Maledetto ghiaccio!
Un’immagine su cui sorridere, perché nasce con questo scopo: quattro diverse bevande alcoliche, vodka, ouzo, whiskey e gin, ciascuna con aggiunta di ghiaccio, sembra abbiano effetti nefasti su alcuni dei nostri organi interni, rispettivamente reni, fegato, cuore e cervello. La brillante immagine conclude che è colpa del ghiaccio, l’unica cosa visibilmente in comune a tutte le combinazioni. È chiaro che c’è anche l’alcool, ma quello è sotto mentite spoglie, nascosto, raccontato con nomi esotici. E poi a molti piace!
L’intento di chi ha disegnato l’immagine è ironico, deve far divertire chi la guarda. Infatti a me ha fatto sorridere molto e poi mi ha fatto pensare: ognuno trova la propria scusa per farsi tornare i conti e per dare un senso alle cose che accadono. Soprattutto tendiamo a costruirci le nostre giustificazioni per fare orecchie da mercante quando ci confrontiamo con qualcosa che non vorremmo sentire, che potrebbe farci male, che non ci piace, che ci richiede impegno.
Mi appassiona l’irrazionalità, tipica di noi esseri umani o, per meglio dire, l’erronea sovrastima che tendiamo ad avere delle nostre capacità di ragionamento. Tra queste prediligo la nostra tendenza, di fronte a un evento, ad accontentarci delle prime spiegazioni, quelle più a portata di mano. Da qui partiamo a spron battuto a costruirci sopra i nostri castelli di considerazioni, precari come le fondamenta da cui partiamo. La buona notizia è che l’intelligenza e la cultura, di cui tutti ci ammantiamo e che invochiamo a piena voce, non c’entrano.
Rispetto a un evento, un (tipico) essere umano compie una serie di processi, complessi e articolati, che sintetizziamo come di seguito: cattura dati e informazioni, attribuisce loro un’etichetta e un valore soggettivo, li rielabora mentalmente e, per finire, produce un risultato, coerente con quello che vuole ottenere a partire dall’evento stesso.

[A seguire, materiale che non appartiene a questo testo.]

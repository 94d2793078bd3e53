//! A package that a command is given, whatever it was read from.
ghost use Rattle.std.specs.Prelude.{◌≡◌, IfOk, IfErr};
ghost use Rattle.input_package.specs.declared.reading.InputError.TheVariants.{OutOfMemory};
ghost use Rattle.part_events.specs.Words.{state_of};
ghost use Rattle.workbook_file.specs.Contents.{file_state};
ghost use Rattle.input_package.specs.Told.{told_of, told_state};

use crate::reading::InputError;
use part_events::{MemoryPackage, Package, PackageError, PartEvent};
use std::alloc::Global;
use std::marker::Model;
use workbook_file::WorkbookFile;

/// What a package was read from.
#[derive(Drop)]
pub enum Held {
    Text(MemoryPackage),
    File(WorkbookFile),
}

/// A package that a command is given. It tells its content, and no call of it as a package fails
/// but for want of memory.
#[derive(Drop)]
pub struct InputPackage {
    held: Held,
}

impl Model for InputPackage {
    ghost use Rattle.input_package.specs.Told.{Told, told_of, held_state};

    ghost Value = { Told };

    ghost view = { λ a. told_of (held_state a.held) };
}

impl InputPackage {
    /// A package in memory as one that a command is given.
    pub fn in_memory(held: MemoryPackage) -> InputPackage
        ensures { result ≡ told_of (state_of held) }
    {
        InputPackage {
            held: Held::Text(held),
        }
    }

    /// A workbook file as a package that a command is given.
    pub fn of_file(held: WorkbookFile) -> InputPackage
        ensures { result ≡ told_of (file_state held) }
    {
        InputPackage {
            held: Held::File(held),
        }
    }

    /// The same parts as a package in memory: those of a workbook file unpacked and cut, one after
    /// the other. Want of memory alone refuses it.
    pub fn into_memory(self, alloc: Global) -> Result<MemoryPackage, InputError>
        ensures ok { IfOk result (λ held. held.parts ≡ self.parts) }
        ensures err { IfErr result (λ error. error ≡ OutOfMemory) }
    {
        match self.held {
            Held::Text(held) => Ok(held),
            Held::File(file) => match file.into_memory(alloc) {
                Ok(held) => Ok(held),
                Err(_) => Err(InputError::OutOfMemory),
            },
        }
    }
}

impl Package for InputPackage {
    ghost state = { told_state };

    fn open(&mut self, name: &str) -> Result<bool, PackageError> {
        match &mut self.held {
            Held::Text(held) => held.open(name),
            Held::File(held) => held.open(name),
        }
    }

    fn advance(&mut self) -> Result<bool, PackageError> {
        match &mut self.held {
            Held::Text(held) => held.advance(),
            Held::File(held) => held.advance(),
        }
    }

    fn event(&self) -> PartEvent<'_> {
        match &self.held {
            Held::Text(held) => held.event(),
            Held::File(held) => held.event(),
        }
    }

    fn left(&self) -> u64 {
        match &self.held {
            Held::Text(held) => held.left(),
            Held::File(held) => held.left(),
        }
    }

    fn taken(&self) -> u64 {
        match &self.held {
            Held::Text(held) => held.taken(),
            Held::File(held) => held.taken(),
        }
    }

    fn faults(&self) -> u64 {
        match &self.held {
            Held::Text(held) => held.faults(),
            Held::File(held) => held.faults(),
        }
    }
}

Tutto questo sarà poi a disposizione per le successive rielaborazioni dell’esperienza e sarà un ovvio spunto quando si ripresenterà un’occasione che assomiglierà a qualcosa di simile all’evento già sperimentato.
Il problema è che, senza che ce ne accorgiamo e in buona fede, spesso acquisiamo i dati di partenza in modo vago, insufficiente e superficiale, senza considerare che tutto è individuale, personale e parziale.

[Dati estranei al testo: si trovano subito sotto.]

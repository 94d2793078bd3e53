//! The package that a command is given, and how it is read from the bytes of an input.
//!
//! Rooms: `input` (`InputPackage`), `reading` (`read_package`, how inputs begin, and how long they
//! may be).
#![tactic(auto)]

mod input;
mod reading;

pub use input::InputPackage;
pub use reading::{InputError, begins_as_file, longest_input, read_package};
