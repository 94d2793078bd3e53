ghost use Rattle.std.specs.Prelude.{◌≡◌, ℕ, List, [], ◌∷◌, true, Ok, Err, string_bytes, IfOk};
ghost use Rattle.std.specs.Prelude.{IfErr, MatchResult};
ghost use Rattle.std.specs.Option.{option_copied};
ghost use Rattle.attr_text.specs.Words.{lookup};
ghost use Rattle.cell_refs.specs.Words.{area, are_sheet_bounds};
ghost use Rattle.part_events.specs.Words.{tag_of};
ghost use Rattle.xlsx_error.specs.declared.error.XlsxError.TheVariants.{OutOfMemory};
ghost use Rattle.xlsx_sections.specs.Words.{placed, ElementFails, placed_at, decoded_at};
ghost use Rattle.xlsx_tables.specs.TableErrors.{IsTableStartError};
ghost use Rattle.xlsx_tables.specs.TableParts.{data_area, rows_counted, table_keys, start_said};
ghost use Rattle.xlsx_tables.specs.TableParts.{start_kept, with_table_name};

use attr_text::{AttrFault, AttrValue, RawAttributes, four_values};
use cell_refs::{Dimensions, get_dimension};
use part_events::StartTag;
use std::alloc::Global;
use xlsx_error::XlsxError;
use xlsx_relationships::text_or;
use xlsx_sections::{decode_at, number_text};

type TableTexts<'a> = (AttrValue<'a>, AttrValue<'a>, AttrValue<'a>, AttrValue<'a>);

/// What the start of a table says: its name, its area with headers and totals, how many rows these
/// have, and the area of its data.
#[derive(Debug, Drop)]
pub struct TableStart {
    pub name: String,
    pub whole: Dimensions,
    pub headers: u32,
    pub totals: u32,
    pub area: Option<Dimensions>,
}

/// The area without its first rows, the headers, and its last ones, the totals. None where it has
/// no cell.
fn data_area(headers: u32, totals: u32, area: Dimensions) -> Option<Dimensions>
    ensures { result ≡ data_area headers totals area }
{
    let first = u64::from(area.start.0) + u64::from(headers);
    if first + u64::from(totals) > u64::from(area.end.0) {
        return None;
    }
    if area.start.1 > area.end.1 {
        return None;
    }
    Some(Dimensions {
        start: (first as u32, area.start.1),
        end: (area.end.0 - totals, area.end.1),
    })
}

/// How many rows a text counts, or so many where there is none.
fn rows_counted(alloc: Global, text: Option<&str>, other: u32) -> Result<u32, XlsxError>
    ensures ok { IfOk result (λ rows. rows_counted other (option_copied text.entry) ≡ Ok rows) }
    ensures err { IfErr result (λ error. (at behind : ℕ) →
        ElementFails (rows_counted other (option_copied text.entry)) at behind error) }
    ensures kind { IfErr result IsTableStartError }
{
    let Some(text) = text else {
        return Ok(other);
    };
    match number_text(text) {
        Some(rows) if rows < 4_294_967_296 => Ok(rows as u32),
        _ => Err(XlsxError::ParseInt(String::from_str(alloc, text)?)),
    }
}

/// The texts of a start's attributes, in the order of the keys.
fn table_texts<'a>(tag: &'a StartTag<'_>) -> Result<TableTexts<'a>, AttrFault>
    ensures { let texts = lookup table_keys (tag_of tag.now).attributes in
        MatchResult result
        (λ p. texts ≡ Ok (option_copied p.0 ∷ option_copied p.1 ∷ option_copied p.2
        ∷ option_copied p.3 ∷ []))
        (λ fault. texts ≡ Err fault) }
{
    four_values(
        tag.attributes_raw(),
        "displayName",
        "ref",
        "headerRowCount",
        "totalsRowCount",
    )
}

/// What these texts of a start say, which is event number `at` of its part.
#[tactic(auto, using(crate::proofs::TablesRead::decoding))]
fn start_from(
    alloc: Global,
    name: &str,
    reference: &str,
    headers: Option<&str>,
    totals: Option<&str>,
    at: u64,
) -> Result<TableStart, XlsxError>
    ensures ok { IfOk result (λ begun. (behind : ℕ) → with_table_name (decoded_at behind name.now)
        (placed (area reference.now)) (rows_counted 1 (option_copied headers.entry))
        (rows_counted 0 (option_copied totals.entry)) ≡ Ok (start_kept begun)) }
    ensures inside { IfOk result (λ begun. are_sheet_bounds begun.area ≡ true) }
    ensures err { IfErr result (λ error. (behind : ℕ) → ElementFails
        (with_table_name (decoded_at behind name.now) (placed (area reference.now))
        (rows_counted 1 (option_copied headers.entry))
        (rows_counted 0 (option_copied totals.entry))) at behind error) }
    ensures kind { IfErr result IsTableStartError }
{
    let name = decode_at(alloc, name, at)?;
    let area = get_dimension(reference)?;
    let headers = rows_counted(alloc, headers, 1)?;
    let totals = rows_counted(alloc, totals, 0)?;
    Ok(TableStart {
        name,
        whole: area,
        headers,
        totals,
        area: data_area(headers, totals, area),
    })
}

/// What the start of a table says, which is event number `at` of its part, counted from 0.
pub fn start_said(alloc: Global, tag: StartTag<'_>, at: u64) -> Result<TableStart, XlsxError>
    ensures ok { IfOk result (λ begun. (behind : ℕ) →
        start_said (placed_at (tag_of tag.entry) behind) ≡ Ok (start_kept begun)) }
    ensures inside { IfOk result (λ begun. are_sheet_bounds begun.area ≡ true) }
    ensures err { IfErr result (λ error. (behind : ℕ) →
        ElementFails (start_said (placed_at (tag_of tag.entry) behind)) at behind error) }
    ensures kind { IfErr result IsTableStartError }
{
    let (name, area, headers, totals) = table_texts(&tag)?;
    start_from(
        alloc,
        text_or(name, ""),
        text_or(area, ""),
        headers,
        totals,
        at,
    )
}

La rielaborazione sarà incompleta e inadeguata, e il prodotto sarà, ovviamente, molto al di sotto dell’ottimale. D’altronde tutto tende a diventare odioso quando il nostro soggettivo prodotto della mente viene elevato a livello di verità assoluta, oggettiva, e si è pronti a difenderlo a spada tratta, pur di aver (e di darsi) ragione.
Credo che si possa riassumere così:
- nessuno di noi sa gestire a sufficienza la complessità, sfaccettata e mutevole.
- le emozioni giocano un ruolo cardine. Soprattutto se siamo sotto stress e gli stimoli che ci investono sono troppi.
- di fronte alla complessità, la percezione umana, già di solito vaga e insufficiente, oltre che soggettiva e individuale, lo diventa ancora di più.
- di fatto si tende a scegliere in base alle proprie inaccurate e fallaci scorciatoie di pensiero, i propri bias, privilegiando:
- ciò che pensiamo non minacci il nostro status quo…
- ciò che non implica un dispendio di energia percepito come eccessivo…
- ciò che pensiamo non possa nuocerci o penalizzarci…
- ciò che sembra possa salvarci o migliorarci la vita...
- ciò che ci suona familiare o già sperimentato...
- ciò che sembra rapido, che non ci impegni troppo
- ciò che sembra vicino, a portata di mano
- ciò che è stato fatto (o detto) da qualcuno che reputiamo simile a noi...
Che ci piaccia o meno, è abbastanza vero che la "pancia" comanda, la testa giustifica.
Ecco perché sarebbe importante continuare a coltivare un dubbio sano, frenare l'urgenza di emettere un giudizio, valutare le alternative, soprattutto quelle che potrebbero smentirci, anziché darci ragione.